This work proposes a deep learning–based robust monocular visual feature tracking method to address the significant performance degradation of traditional visual-inertial odometry (VIO) systems in challenging environments, such as those with low texture or drastic illumination changes, where handcrafted features often fail to track reliably. The proposed approach replaces conventional hand-engineered features in the VINS-Fusion framework with data-driven features designed to enhance trackability under adverse conditions. By leveraging learned representations, the method substantially improves the accuracy and robustness of state estimation in extreme scenarios. Experimental results demonstrate that the proposed system consistently outperforms existing VIO approaches under identical conditions, effectively overcoming the reliance of traditional methods on stable environmental texture and lighting.

SLAM (Simultaneous Localization and Mapping) and Odometry are important systems for estimating the position of mobile devices, such as robots and cars, utilizing one or more sensors.
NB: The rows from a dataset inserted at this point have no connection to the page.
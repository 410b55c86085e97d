//! What the information calls return about a row and the cache.

use php_graph::Bytes;

/// What a cache keeps of a row besides its key and its value, as the information calls return it.
#[derive(Clone, Copy, Debug, PartialEq, Eq)]
pub struct RowInfo {
    /// How many seconds it lives after its creation; 0 is no limit.
    pub ttl: u32,
    /// When it was created, in seconds.
    pub ctime: u64,
    /// When its value was last changed.
    pub mtime: u64,
    /// When it was last used.
    pub atime: u64,
    /// When it was dropped, for a removed row; otherwise 0.
    pub dtime: u64,
    /// How often it was fetched.
    pub hits: u64,
    /// The size of its block in words.
    pub size: u32,
}

/// A row as `apcu_cache_info` lists it.
#[derive(Drop)]
pub struct ListedRow {
    pub key: Bytes,
    pub info: RowInfo,
}

/// The counters of a cache, as `apcu_cache_info` returns them. Each counter stops at its maximum.
#[derive(Clone, Copy, Debug, PartialEq, Eq)]
pub struct Counts {
    /// Fetches that found a row, since the last expunge.
    pub hits: u64,
    /// Fetches that found none, since then.
    pub misses: u64,
    /// Rows that were stored, since then.
    pub inserts: u64,
    /// How often all rows were dropped to make room, since the cache was cleared.
    pub expunges: u64,
    /// The rows, expired ones included.
    pub entries: u64,
}
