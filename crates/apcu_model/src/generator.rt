//! Generators: the source of a value that is not found.

ghost use Rattle.std.specs.Prelude.{◌≡◌, ◌-◌, ◌^◌, min, [], ◌∷◌, length};
ghost use Rattle.apcu_model.specs.Levels.{EntryLevel, Generator};
ghost use Rattle.apcu_model.specs.GeneratorKinds.{generator_of};

use php_graph::{Bytes, Graph};
use std::marker::Model;

/// The source of the value of `apcu_entry`: an entry looks up its key, and evaluates the generator
/// inside it if no live row has the key. Contracts see the keys and times to live from the
/// outermost inwards, and the value inside the innermost.
#[cycle(generator)]
pub struct Gen {
    kind: GenKind,
}

/// The outermost part of a generator.
#[cycle(generator)]
#[derive(Drop)]
pub enum GenKind {
    /// This value.
    Value(Graph),
    /// `apcu_entry` of a key, with the time to live of a new row, in seconds, 0 for no limit, and
    /// with a generator.
    Entry(Bytes, u32, Box<Gen>),
}

impl Model for Gen {
    ghost use Rattle.std.specs.Prelude.{length};
    ghost use Rattle.std.proofs.Common.{arith};
    ghost use Rattle.apcu_model.specs.Levels.{Generator};

    ghost Value = { Generator };

    ghost use Rattle.apcu_model.specs.GeneratorKinds.{generator_of};

    ghost view = { λ a. generator_of a.kind };

    ghost size = { λ g. length g.levels };

    ghost size_decreases = { λ a h. Prim.grind arith };
}

impl Drop for Gen {
    fn drop(self) {
        let Gen { kind: _kind } = self;
    }
}

impl Gen {
    /// The generator of this value.
    pub fn value(value: Graph) -> Gen
        ensures { result ≡ record { levels = []; literal = value } }
    {
        Gen {
            kind: GenKind::Value(value),
        }
    }

    /// An `apcu_entry` of this key around a generator. A new row lives for `ttl` seconds; 0 is no
    /// limit.
    pub fn entry(key: Bytes, ttl: u32, inner: Box<Gen>) -> Gen
        ensures levels { let level : EntryLevel = record { key = key; ttl = ttl } in
            result.levels ≡ level ∷ inner.value.levels }
        ensures literal { result.literal ≡ inner.value.literal }
    {
        Gen {
            kind: GenKind::Entry(key, ttl, inner),
        }
    }

    /// Its outermost part.
    pub fn kind(&self) -> &GenKind
        ensures { generator_of result.now ≡ self.now }
    {
        &self.kind
    }

    /// The number of its nested entries. The count stops at the maximum of a `u32`.
    pub fn entries(&self) -> u32
        ensures { result ≡ min (length self.now.levels) (2 ^ 32 - 1) }
    {
        match &self.kind {
            GenKind::Value(_) => 0,
            GenKind::Entry(_, _, inner) => inner.entries().saturating_add(1),
        }
    }
}
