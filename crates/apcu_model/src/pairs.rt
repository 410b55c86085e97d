//! The keys and values of a store of several.

ghost use Rattle.std.specs.Prelude.{◌≡◌, ◌<◌, ◌^◌, ◌==◌, ◌++◌, ◌-◌, [], ◌∷◌, length, is_ok};
ghost use Rattle.std.specs.Prelude.{if◌then◌else◌, slice_get, Some};

use php_graph::{Bytes, Graph};
use std::alloc::{AllocError, Global};
use std::marker::Model;

/// Keys with their values in their order, as a store of several has them. Contracts see the list.
#[derive(Drop)]
pub struct Pairs {
    pairs: Vec<(Bytes, Graph)>,
}

impl Model for Pairs {
    ghost use Rattle.std.specs.Prelude.{List, ℕ, length, ◌<◌, ◌^◌};
    ghost use Rattle.php_graph.specs.declared.kind.Kind.{Kind};

    ghost Value = { List (List ℕ × List Kind) };

    ghost view = { λ pairs. pairs.pairs.items };

    ghost invariant = { λ pairs. length pairs.pairs.items < 2 ^ 32 };
}

impl Pairs {
    /// No pairs.
    pub fn new(alloc: Global) -> Pairs
        ensures { result ≡ [] }
    {
        Pairs {
            pairs: Vec::new(alloc),
        }
    }

    /// Adds a pair at the end. Without memory the pairs are unchanged, and the new one is dropped.
    pub fn push(&mut self, key: Bytes, value: Graph) -> Result<(), AllocError>
        requires { length self.old < 2 ^ 32 - 1 }
        ensures { self.new ≡ (if is_ok result then self.old ++ (key, value) ∷ [] else self.old) }
    {
        self.pairs.push((key, value))?;
        Ok(())
    }

    /// The number of pairs.
    pub fn len(&self) -> u32
        ensures { result ≡ length self.now }
    {
        self.pairs.len() as u32
    }

    /// Whether there are none.
    pub fn is_empty(&self) -> bool
        ensures { result ≡ (length self.now == 0) }
    {
        self.pairs.is_empty()
    }

    /// The pairs.
    pub fn as_slice(&self) -> &[(Bytes, Graph)]
        ensures { result.now ≡ self.now }
    {
        self.pairs.as_slice()
    }

    /// The key and the value with this number, from 0.
    pub fn at(&self, i: u32) -> (&Bytes, &Graph)
        requires { i < length self.now }
        ensures { slice_get self.now i ≡ Some (result.0.now, result.1.now) }
    {
        let pair = &self.pairs[i as usize];
        (&pair.0, &pair.1)
    }
}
Particularly in camera-based SLAM or Odometry, effectively tracking visual features is important as it significantly impacts system performance. In this paper, we propose a method that leverages deep learning to robustly track visual features in monocular camera images. This method operates reliably even in textureless environments and situations with rapid lighting changes. Additionally, we evaluate the performance of our proposed method by integrating it into VINS-Fusion (Monocular-Inertial), a commonly used Visual-Inertial Odometry (VIO) system.